It's always a good idea to have the next story in mind. I'd be very worried anyway, if whilst working on one project, I hadn't got the idea for the next one. Nick's Gallery grew out of a need to have a new project ready to go once I had finished the 30,000-word novel I was completing for my MA in Writing for Children. I also needed something to enter for a competition in the Winchester Annual Writers' Conference. So, I wrote the first five hundred words of Nick's Gallery in June 2000 and was awarded second prize. The MA was completed in September 2000.
It's perhaps hardly surprising that grief is a big theme in this work. My mother died right at the beginning of 2000. I had for some time been interested in examining the stages of grief. As I write for young people, I needed to give that grief a context that some young adults at least would know. I had met several youngsters who met the same issues as Barney when I taught at a local school, which had mainstream pupils but which was also designated for the physically disabled. There was a Nick there, who also had muscular dystrophy, who in my mind's eye looked like the one in Nick's Gallery, but who was otherwise a totally different character. That Nick also died quite young, but he had left school by then. At the same time as I wrote the first draft, I also became close friends with someone who, albeit for different reasons, was being pulled in different directions, just as Barney was.
A book like this needs a lift. It needs a spot of humour. That was where Cynthia, the glorious punky hard girl, came in. Everyone loved her. I shared her with a critique group and a writer's workshop. Everyone wanted more of her. She was the light relief. She surprised me by not being quite as hard as she seemed to be at the outset. She really cared about Nick, but saw Barney's weaker sides.

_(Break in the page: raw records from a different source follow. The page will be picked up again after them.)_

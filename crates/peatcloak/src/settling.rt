// The pot paid out into the host's lists, and each seat's reward told.
ghost use Rattle.std.specs.Prelude.{◌≡◌, ◌≤◌, length};
ghost use Rattle.layout.specs.Outcome.{floats_after, numbers_after};
ghost use Rattle.peatcloak.specs.Calls.{Stands};
ghost use Rattle.peatcloak.specs.Settling.{ranks_at, settle_on, settled_at, rewards_told, rewards_after, words_after};

use crate::outcomes;
use layout::standing;

fn ranks_of(ranks: &[u16]) -> [u16; 16]
    ensures { result ≡ ranks_at ranks.now }
{
    let mut list = [0u16; 16];
    commons::copying::copy(&mut list, 0, ranks, 0, 16);
    list
}

fn lay_rewards(rewards: &mut [i32], list: [i32; 16])
    requires { 16 ≤ length rewards.old }
    ensures { rewards.new ≡ rewards_told list rewards.old }
{
    commons::copying::copy(rewards, 0, &list, 0, 16);
}

#[unsafe(no_mangle)]
pub extern "C" fn peatcloak_settle(
    floats: &mut [f32],
    numbers: &mut [u32],
    ranks: &[u16],
    rewards: &mut [i32],
) -> u32
    ensures value { result ≡ (settle_on floats.old numbers.old ranks.now (length rewards.old)).number }
    ensures floats_after { floats.new ≡ floats_after (length numbers.old) (settle_on floats.old numbers.old ranks.now (length rewards.old)) floats.old }
    ensures numbers_after { numbers.new ≡ numbers_after (length floats.old) (settle_on floats.old numbers.old ranks.now (length rewards.old)) numbers.old }
    ensures rewards_after { rewards.new ≡ rewards_after (settle_on floats.old numbers.old ranks.now (length rewards.old)) (settled_at floats.old numbers.old ranks.now).rewards rewards.old }
    ensures stands { Stands result floats.new numbers.new (settle_on floats.old numbers.old ranks.now (length rewards.old)) }
    ensures words { rewards.new ≡ words_after (settle_on floats.old numbers.old ranks.now (length rewards.old)) (settled_at floats.old numbers.old ranks.now).rewards rewards.old }
{
    let room = (16 <= ranks.len()) & (16 <= rewards.len());
    if room & standing::stands(floats.len(), numbers) {
        let t = standing::table(floats, numbers);
        let list = ranks_of(ranks);
        let s = settlement::settle(t, list);
        let answer = s.answer;
        let table = s.table;
        let told = s.rewards;
        let number = outcomes::lay_verdict(floats, numbers, answer, table);
        if number == 0 {
            lay_rewards(rewards, told);
            return 0;
        }
        return number;
    }
    19
}
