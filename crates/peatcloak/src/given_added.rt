// What a build is told of what the Rust's record lacks. It does not come from the table's own lists, where the hand before may still stand. One more number
// there is one more line in each of these.
ghost use Rattle.std.specs.Prelude.{◌≡◌};
ghost use Rattle.peatcloak.specs.GivenAdded.{added_given, added_given_fits, key_given};

use keys::HandKey;
use layout::{places, words};
use table::added::Added;

// Whether each word is in the range of what it stands for.
pub fn fits(given: &[u32]) -> bool
    ensures { result ≡ added_given_fits given.now }
{
    words::is_below(given, places::GIVEN_KEY, 2)
        & (words::is_below(given, places::GIVEN_KEY_CODE, 65536)
            & words::is_below(given, places::GIVEN_KEY_YEAR, 65536))
}

// A key that is not given is none.
fn key_of(given: &[u32]) -> HandKey
    ensures { result ≡ key_given given.now }
{
    if words::flag_at(given, places::GIVEN_KEY) {
        return HandKey {
            code: words::set_at(given, places::GIVEN_KEY_CODE),
            year: words::set_at(given, places::GIVEN_KEY_YEAR),
            hand: words::word_at(given, places::GIVEN_KEY_HAND),
        };
    }
    keys::NONE
}

pub fn of(given: &[u32]) -> Added
    ensures { result ≡ added_given given.now }
{
    let key = key_of(given);
    Added { key }
}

I finished the first draft by May 2001. Then came several more drafts. I even took myself on a homemade writer's retreat. We own a time-share, and they often sell off weeks they've not been able to exchange. I managed a week in a four-star hotel in the Austrian mountains for £140. It was fantastic having that time to myself. I did lots of writing, but I also had time to swim, walk and meet friends in the area. I added some more chapters and added some more about Cynthia. I did then send it out to a few publishers and agents. It came close several times, but didn't quite make it. In August 2002, I worked on it with Marina Oliver on the Advanced Novel Course at the Caerleon Writers' Holiday. She introduced me to the ten stages of revision I have used ever since.
Nick's Gallery was finally published in May 2004. We launched it from the University of Portsmouth, where I am completing a PhD in Creative and Critical Writing. That got a little media hype - mainly local and the book soon had a ranking on Amazon.
It has since been approved by the Muscular Dystrophy Campaign and reviewed by disability web sites in the UK, America and Australia. It has also had good reviews by another children's writer, a school librarian and another writer who would not normally read children's books and says it is not a book just for children anyway. Perhaps the best review, though, was from my daughter, who said it made her cry and even better, it made her boyfriend cry.
I hope it keeps on going. I'm rather fond of it myself as well.